Story highlights
Denmark is engaged in a fierce debate over immigration
Anti-immigration Danish People's Party praises the stunt
Anti-immigrant tensions in Denmark have apparently prompted someone to post signs pointing migrants to the way back home.
Road signs that sprouted, temporarily, showed the route back toward Syria or Iraq, distant though those places might be.
Syria? 4,426 kilometers – 2,750 miles – in this direction. Iraq? 5,317 kilometers – 3,300 miles – that way.
If the intent was to provoke debate over migration – or, better put, to intensify the debate already smoldering in Denmark – the signs have been a success.
They have been called humiliating. But their appearance has also received full-throated support from the anti-immigration Danish People’s Party.

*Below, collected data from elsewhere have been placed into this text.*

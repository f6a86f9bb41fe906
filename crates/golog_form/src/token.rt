// `Token`, what stands between separators and comments, with its place.
ghost use Rattle.std.specs.Prelude.{◌≡◌, ◌+◌, ◌<◌, ◌^◌};
ghost use Rattle.golog_form.specs.Tokens.{place, end_of};

use golog_base::Bytes;

/// What stands between separators and comments, with the place of its first byte or the place after its last,
/// in bytes from 0.
#[derive(Debug, Drop)]
pub enum Token {
    Open { at: u32 },
    Close { end: u32 },
    Atom { text: Bytes, at: u32, end: u32 },
    /// A byte without a class.
    Bad { at: u32 },
}

impl Token {
    /// The place after the token.
    pub fn end(&self) -> u32
        requires { place self.now + 1 < 2 ^ 32 }
        ensures { result ≡ end_of self.now }
    {
        match self {
            Token::Open { at } | Token::Bad { at } => *at + 1,
            Token::Close { end } | Token::Atom { end, .. } => *end,
        }
    }
}
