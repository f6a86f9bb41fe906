// The tokens of a text, one after another: `(`, `)`, an atom, a byte of no class.
ghost use Rattle.std.specs.Prelude.{◌≡◌, ◌≤◌, ◌<◌, ◌+◌, ◌^◌, ◌++◌, length, take, drop, true, false, IfOk, MatchOption, [], ◌∷◌};
ghost use Rattle.golog_form.specs.Tokens.{tokens_from, run, IsNext, starts_token};

use crate::class::{ByteClass, class_of};
use crate::token::Token;
use golog_base::{Bytes, NoMemory};
use std::alloc::Global;

/// The first place from `at` on where a token begins, or the end.
#[tactic(auto, using(crate::proofs::Lexing::gaps))]
fn skip_gap(bytes: &[u8], at: u32) -> u32
    requires within { at ≤ length bytes.now }
    requires small { length bytes.now < 2 ^ 32 }
    ensures after { at ≤ result }
    ensures in_bytes { result ≤ length bytes.now }
    ensures same { tokens_from false at bytes.now ≡ tokens_from false result bytes.now }
    ensures begins { result < length bytes.now → starts_token (drop result bytes.now) ≡ true }
{
    let mut place = at;
    while (place as usize) < bytes.len() {
        match class_of(bytes[place as usize]) {
            ByteClass::Separator => place += 1,
            ByteClass::Semicolon => place = comment_end(bytes, place + 1),
            _ => return place,
        }
    }
    place
}

/// The place behind the comment whose next byte stands at `at`: after the line feed that ends it, or the end.
#[tactic(auto, using(crate::proofs::Lexing::gaps))]
fn comment_end(bytes: &[u8], at: u32) -> u32
    requires within { at ≤ length bytes.now }
    requires small { length bytes.now < 2 ^ 32 }
    ensures after { at ≤ result }
    ensures in_bytes { result ≤ length bytes.now }
    ensures same { tokens_from true at bytes.now ≡ tokens_from false result bytes.now }
{
    let mut place = at;
    while (place as usize) < bytes.len() {
        let ends = bytes[place as usize] == b'\n';
        place += 1;
        if ends {
            return place;
        }
    }
    place
}

/// The place after the atom bytes that stand from `at` on.
#[tactic(auto, using(crate::proofs::Lexing::runs))]
fn atom_end(bytes: &[u8], at: u32) -> u32
    requires within { at ≤ length bytes.now }
    requires small { length bytes.now < 2 ^ 32 }
    ensures run { result ≡ at + run (drop at bytes.now) }
    ensures in_bytes { result ≤ length bytes.now }
{
    let mut place = at;
    while (place as usize) < bytes.len() && class_of(bytes[place as usize]) == ByteClass::Atom {
        place += 1;
    }
    place
}

/// The first token from `at` on; `None` exactly where none is left.
#[tactic(auto, using(crate::proofs::Lexing::starts))]
pub fn next_token(alloc: Global, bytes: &[u8], at: u32) -> Result<Option<Token>, NoMemory>
    requires within { at ≤ length bytes.now }
    requires small { length bytes.now < 2 ^ 32 }
    ensures { IfOk result (λ found.
        MatchOption found (tokens_from false at bytes.now ≡ []) (IsNext at bytes.now)) }
{
    let at = skip_gap(bytes, at);
    if at as usize == bytes.len() {
        return Ok(None);
    }
    match class_of(bytes[at as usize]) {
        ByteClass::Open => Ok(Some(Token::Open { at })),
        ByteClass::Close => Ok(Some(Token::Close { end: at + 1 })),
        ByteClass::Atom => {
            let end = atom_end(bytes, at);
            let text = Bytes::copy_of(alloc, &bytes[at as usize..end as usize])?;
            Ok(Some(Token::Atom { text, at, end }))
        }
        _ => Ok(Some(Token::Bad { at })),
    }
}
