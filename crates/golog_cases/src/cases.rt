// The cases that blocks say.
use crate::blocks::Block;
use golog_base::{Bytes, HeldFile, List, NoMemory, Text, both};
use std::alloc::Global;
use std::mem;

/// Why a file holds no cases: memory ran out, the file can't be read, or the line of this number can't stand where
/// it does.
#[derive(Clone, Copy)]
pub enum Fault {
    Memory,
    Unread,
    Line(usize),
}

impl From<NoMemory> for Fault {
    fn from(_error: NoMemory) -> Fault {
        Fault::Memory
    }
}

/// The status and the text that are wanted of a call.
#[derive(Drop)]
pub struct Wanted {
    pub status: Option<u8>,
    pub text: Bytes,
}

/// A case: its name, the words and the files of a call, and what is wanted of it.
#[derive(Drop)]
pub struct Case {
    pub name: Text,
    pub words: Vec<String>,
    pub files: List<HeldFile>,
    pub wanted: Wanted,
}

impl Case {
    /// A case of this name, of which nothing is wanted yet.
    fn new(alloc: Global, name: &str) -> Result<Case, NoMemory> {
        Ok(Case {
            name: Text::of(alloc, name)?,
            words: Vec::new(alloc),
            files: List::new(alloc),
            wanted: Wanted {
                status: None,
                text: Bytes::new(alloc),
            },
        })
    }

    /// Puts these words, if there are any, behind its own and behind its name.
    pub fn add_more(&mut self, alloc: Global, more: &str) -> Result<(), NoMemory> {
        if more.is_empty() {
            return Ok(());
        }
        self.add_words(alloc, more)?;
        let told = format!(in alloc; "{}, {more}", self.name.as_str())?;
        let name = Text::of(alloc, told.as_str());
        drop(told);
        let name = name?;
        drop(mem::replace(&mut self.name, name));
        Ok(())
    }

    /// Whether a block whose first line begins with this word may stand in a case, which has what it says then.
    fn add(
        &mut self,
        alloc: Global,
        kind: &str,
        rest: &str,
        bytes: Bytes,
    ) -> Result<bool, NoMemory> {
        match kind {
            "words" => self.add_words(alloc, rest),
            "word" => self.add_word(bytes),
            "file" => self.add_file(alloc, rest, bytes),
            "wants" => Ok(self.want(rest, bytes)),
            _ => Ok(false),
        }
    }

    fn add_words(&mut self, alloc: Global, words: &str) -> Result<bool, NoMemory> {
        for word in words.split(' ') {
            self.words.push(String::from_str(alloc, word)?)?;
        }
        Ok(true)
    }

    fn add_word(&mut self, bytes: Bytes) -> Result<bool, NoMemory> {
        match String::from_utf8(bytes.into_vec()) {
            Ok(word) => {
                self.words.push(word)?;
                Ok(true)
            }
            Err(_) => Ok(false),
        }
    }

    fn add_file(&mut self, alloc: Global, name: &str, bytes: Bytes) -> Result<bool, NoMemory> {
        let name = Text::of(alloc, name)?;
        self.files.push(HeldFile { name, bytes })?;
        Ok(true)
    }

    /// Whether digits say a status, which is wanted then with this text.
    fn want(&mut self, digits: &str, text: Bytes) -> bool {
        self.wanted.status = digits.parse::<u8>().ok();
        drop(mem::replace(&mut self.wanted.text, text));
        self.wanted.status.is_some()
    }
}

/// The cases of these blocks.
pub fn cases_of(alloc: Global, blocks: List<Block>) -> Result<List<Case>, Fault> {
    let mut cases = List::new(alloc);
    for block in blocks.into_vec() {
        let number = block.number;
        if !take_block(alloc, &mut cases, block)? {
            return Err(Fault::Line(number));
        }
    }
    Ok(cases)
}

/// Whether a block may stand behind these cases.
fn take_block(alloc: Global, cases: &mut List<Case>, block: Block) -> Result<bool, NoMemory> {
    let Block { head, bytes, .. } = block;
    let taken = take_parts(alloc, cases, head.as_str(), bytes);
    drop(head);
    taken
}

fn take_parts(
    alloc: Global,
    cases: &mut List<Case>,
    head: &str,
    bytes: Bytes,
) -> Result<bool, NoMemory> {
    let (kind, rest) = head.split_once(' ').unwrap_or((head, ""));
    match kind {
        "case" => {
            cases.push(Case::new(alloc, rest)?)?;
            Ok(true)
        }
        "part" => Ok(true),
        _ => add_to_last(alloc, cases, kind, rest, bytes),
    }
}

fn add_to_last(
    alloc: Global,
    cases: &mut List<Case>,
    kind: &str,
    rest: &str,
    bytes: Bytes,
) -> Result<bool, NoMemory> {
    let Some(mut case) = cases.pop() else {
        return Ok(false);
    };
    let added = case.add(alloc, kind, rest, bytes);
    let ((), is_added) = both(cases.push(case), added)?;
    Ok(is_added)
}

“We have not organized it ourselves,” the party’s leader, Daniel Carlsen, said on Twitter, referring to the posting of the signs. “But we support it 100%. We want to show immigrants the route back.”
‘We are against all non-Westerners’
The panels were attached to existing road signs in Thisted, a small municipality about 220 miles northwest of Copenhagen, the Danish capital.
Thisted is near several centers where asylum-seekers – those who contend they fear persecution should they be returned to their home countries – must stay while their applications are processed.
No one has acknowledged putting up the signs. And they have now been taken down.
But the debate over immigration in Denmark shows no sign of abating. And that debate relates to Danish identity, a perception of migrants as dangerous, and cost.
In January, the country’s Parliament voted in favor of a strict new law – one that called for seizing valuables from asylum-seekers to help pay for their stays while their applications were processed, and for increasing the waiting period for family reunions from one year to three.
While Carlson, the leader of the Danish People’s Party, said he had no idea who posted the road signs, he said he assumed it was a party member.
And he left no doubt about where he stood in the debate over migration.
“We want to stop the number of immigrants coming to Denmark,” he said. “We are against all non-Westerners and non-Europeans. … The signs have now been taken down but it has started a debate and is really the first time we are really discussing this. The key question for us is: should asylum seekers really be here at all?”